Media Notification Obligations
If a breach affects 500 or more residents of a single state or jurisdiction, you must notify prominent media outlets serving that area without unreasonable delay and no later than 60 calendar days after the breach discovery date. Media breach notification supplements—never replaces—direct notices to individuals.
Content and methods
- Issue a press release or equivalent notice that includes: a brief description of the incident, the types of information involved, steps individuals should take, what you are doing to investigate and mitigate harm, and how to contact you.
- Use clear, plain language; avoid technical jargon; provide a toll-free number or email for questions.
Substitute notice when contact information is insufficient
- If contact information for 10 or more individuals is insufficient, post a conspicuous website notice for 90 days or use major print/broadcast media where the affected individuals likely reside, and provide a toll-free number active for 90 days.
Common Examples of HIPAA Breaches
- Lost or stolen unencrypted laptop, smartphone, or USB drive containing PHI (unsecured protected health information).
- Ransomware or other hacking/IT incidents that encrypt or exfiltrate PHI from EHRs, file shares, or cloud storage.
- Misdirected communications: emails, faxes, or mailings sent to the wrong patient or recipient with PHI included.
- Workforce snooping: employees accessing records of friends, family members, or public figures without a job-related need.
- Improper disposal: paper charts or films discarded without shredding; devices discarded without secure wipe or destruction.
- Third-party/vendor incidents: billing service or EHR vendor exposes PHI; the business associate notifies the covered entity to trigger reporting.

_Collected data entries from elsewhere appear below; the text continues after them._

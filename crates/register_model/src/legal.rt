//! Whether a history is legal (`IsLegal` of `specs/Register.antt`), by its index of changes. The test
//! goes by `specs/Test.antt`, an operation at a time.

ghost use Rattle.std.specs.Prelude.{◌≡◌, ◌↔◌, IsTrue, true, false, ◌&&◌};
ghost use Rattle.std.specs.Option.{option_copied};
ghost use Rattle.std.specs.List.Sorted.{IsNonDecreasingBy};
ghost use Rattle.register_model.specs.Register.{value_at, value_at_first, value_from, IsLegal};
ghost use Rattle.register_model.specs.Index.{is_alone, all_alone, marks_from};
ghost use Rattle.register_model.specs.Test.{is_right_untouched, is_within, is_right_read, is_right_change, is_right, are_points_apart, are_all_right};

use crate::index::{Mark, is_alone_at, last_below};
use crate::indexed::IndexedHistory;
use crate::op::{Op, Word};
use crate::openings::{content_in_order, content_of};

/// What a change makes of its file: a content, or nothing where it removes it.
fn left_by(op: &Op) -> Option<&[u8]>
    ensures { option_copied result ≡ value_from op.now.word op.now.value }
{
    match op.word {
        Word::Close => Some(op.value.as_slice()),
        Word::Make => Some(&[]),
        _ => None,
    }
}

/// What the file was before any change.
fn value_at_first(history: &IndexedHistory, file: u64) -> Option<&[u8]>
    ensures { option_copied result ≡ value_at_first history.now file }
{
    if history.is_by_file() {
        content_in_order(history.opening(), file)
    } else {
        content_of(history.opening(), file)
    }
}

/// What the file is at a moment: its content, or nothing where it is absent.
fn value_at(history: &IndexedHistory, file: u64, moment: u64) -> Option<&[u8]>
    requires { are_points_apart history.now.ops ≡ true }
    ensures { option_copied result ≡ value_at history.now file moment }
{
    match last_below(history.index().by_file.as_slice(), file, moment) {
        Some(place) => left_by(history.ops().get(place)?),
        None => value_at_first(history, file),
    }
}

/// An operation with no point is none that must have one.
fn is_right_untouched(op: &Op) -> bool
    ensures { result ≡ is_right_untouched op.now }
{
    let read = op.word.is_open() && (op.outcome.is_opened() || op.outcome.is_stale());
    !read && !op.succeeded()
}

/// The point lies within the operation.
fn is_within(op: &Op, point: u64) -> bool
    ensures { result ≡ is_within op.now point }
{
    let is_by_end = match op.end {
        Some(end) => point <= end,
        None => true,
    };
    op.begin <= point && (op.outcome.is_lost() || is_by_end)
}

/// An open got what the file was.
fn is_right_read(op: &Op, before: Option<&[u8]>) -> bool
    ensures { result ≡ is_right_read op.now (option_copied before.entry) }
{
    if !op.word.is_open() {
        return true;
    }
    match before {
        Some(content) => !op.outcome.is_stale()
            && (!op.outcome.is_opened() || content == op.value.as_slice()),
        None => !op.outcome.is_opened(),
    }
}

/// A change was made of a file that it fits, and didn't fail.
fn is_right_change(op: &Op, before: Option<&[u8]>) -> bool
    ensures { result ≡ is_right_change op.now (option_copied before.entry) }
{
    if !op.word.changes() {
        return true;
    }
    let is_fit = match op.word {
        Word::Make => before.is_none(),
        _ => before.is_some(),
    };
    is_fit && (op.succeeded() || op.outcome.is_untold())
}

/// An operation is right at its point, or without one.
fn is_right(history: &IndexedHistory, op: &Op) -> bool
    requires { are_points_apart history.now.ops ≡ true }
    ensures { result ≡ is_right (value_at history.now op.now.file) op.now op.now.point }
{
    match op.point {
        Some(point) => {
            let before = value_at(history, op.file, point);
            is_within(op, point) && is_right_read(op, before) && is_right_change(op, before)
        }
        None => is_right_untouched(op),
    }
}

/// No change but the operation itself, which stands at the place, has its point.
fn is_alone(by_point: &[Mark], place: usize, op: &Op) -> bool
    requires { IsNonDecreasingBy (λ m. m.point) by_point.now }
    ensures { result ≡ is_alone by_point.now place op.now.point }
{
    match op.point {
        Some(point) => is_alone_at(by_point, point, place),
        None => true,
    }
}

/// No operation has a point in common with a change.
fn are_all_alone(by_point: &[Mark], ops: &[Op]) -> bool
    requires { IsNonDecreasingBy (λ m. m.point) by_point.now }
    ensures { result ≡ all_alone by_point.now 0 ops.now }
{
    for (place, op) in ops.iter().enumerate() {
        if !is_alone(by_point, place, op) {
            return false;
        }
    }
    true
}

/// No operation has a point in common with a change.
fn are_points_apart(history: &IndexedHistory) -> bool
    ensures { result ≡ are_points_apart history.now.ops }
{
    are_all_alone(history.index().by_point.as_slice(), history.ops())
}

/// Each operation is right at its point, or without one.
fn are_all_right(history: &IndexedHistory) -> bool
    requires { are_points_apart history.now.ops ≡ true }
    ensures { result ≡ are_all_right history.now }
{
    for op in history.ops() {
        if !is_right(history, op) {
            return false;
        }
    }
    true
}

/// The test of a legal history.
fn passes(history: &IndexedHistory) -> bool
    ensures { result ≡ (are_points_apart history.now.ops && are_all_right history.now) }
{
    are_points_apart(history) && are_all_right(history)
}

/// Whether each open got the whole content of its file at one moment within it, each change that
/// succeeded was made at one, and none that failed: the six facts of a legal history. It takes no
/// memory, and looks each value up by halving.
pub fn is_legal(history: &IndexedHistory) -> bool
    ensures { IsTrue result ↔ IsLegal history.now }
{
    passes(history)
}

- Mailbox compromises: phishing leads to unauthorized inbox access with ePHI in messages or attachments.
Note: If the PHI was properly encrypted and the encryption keys were not compromised, the event may not constitute a reportable breach. Always document your analysis and mitigation actions.
FAQs
What is the deadline for reporting a HIPAA breach to HHS OCR?
For breaches affecting 500 or more individuals, you must report to HHS OCR without unreasonable delay and no later than 60 calendar days after the breach discovery date. For smaller incidents, you report to OCR no later than 60 days after the end of the calendar year in which the breach was discovered.
How are breaches affecting fewer than 500 individuals reported?
You must notify each affected individual within 60 calendar days of discovery, then log the incident and submit it to HHS OCR within 60 days after the end of that calendar year via the electronic breach notification portal.
When must media notification be issued after a breach?
If a breach affects 500 or more residents of a single state or jurisdiction, you must provide media breach notification without unreasonable delay and no later than 60 calendar days after the breach discovery date, in addition to individual notices and the OCR report.
What examples qualify as a reportable HIPAA breach?
Common reportable events include PHI unauthorized access due to hacking or ransomware, lost or stolen unencrypted devices, misdirected emails or mailings containing PHI, workforce snooping, improper disposal of PHI, vendor incidents exposing PHI, and mailbox compromises. Incidents involving properly encrypted PHI without key compromise are typically not reportable.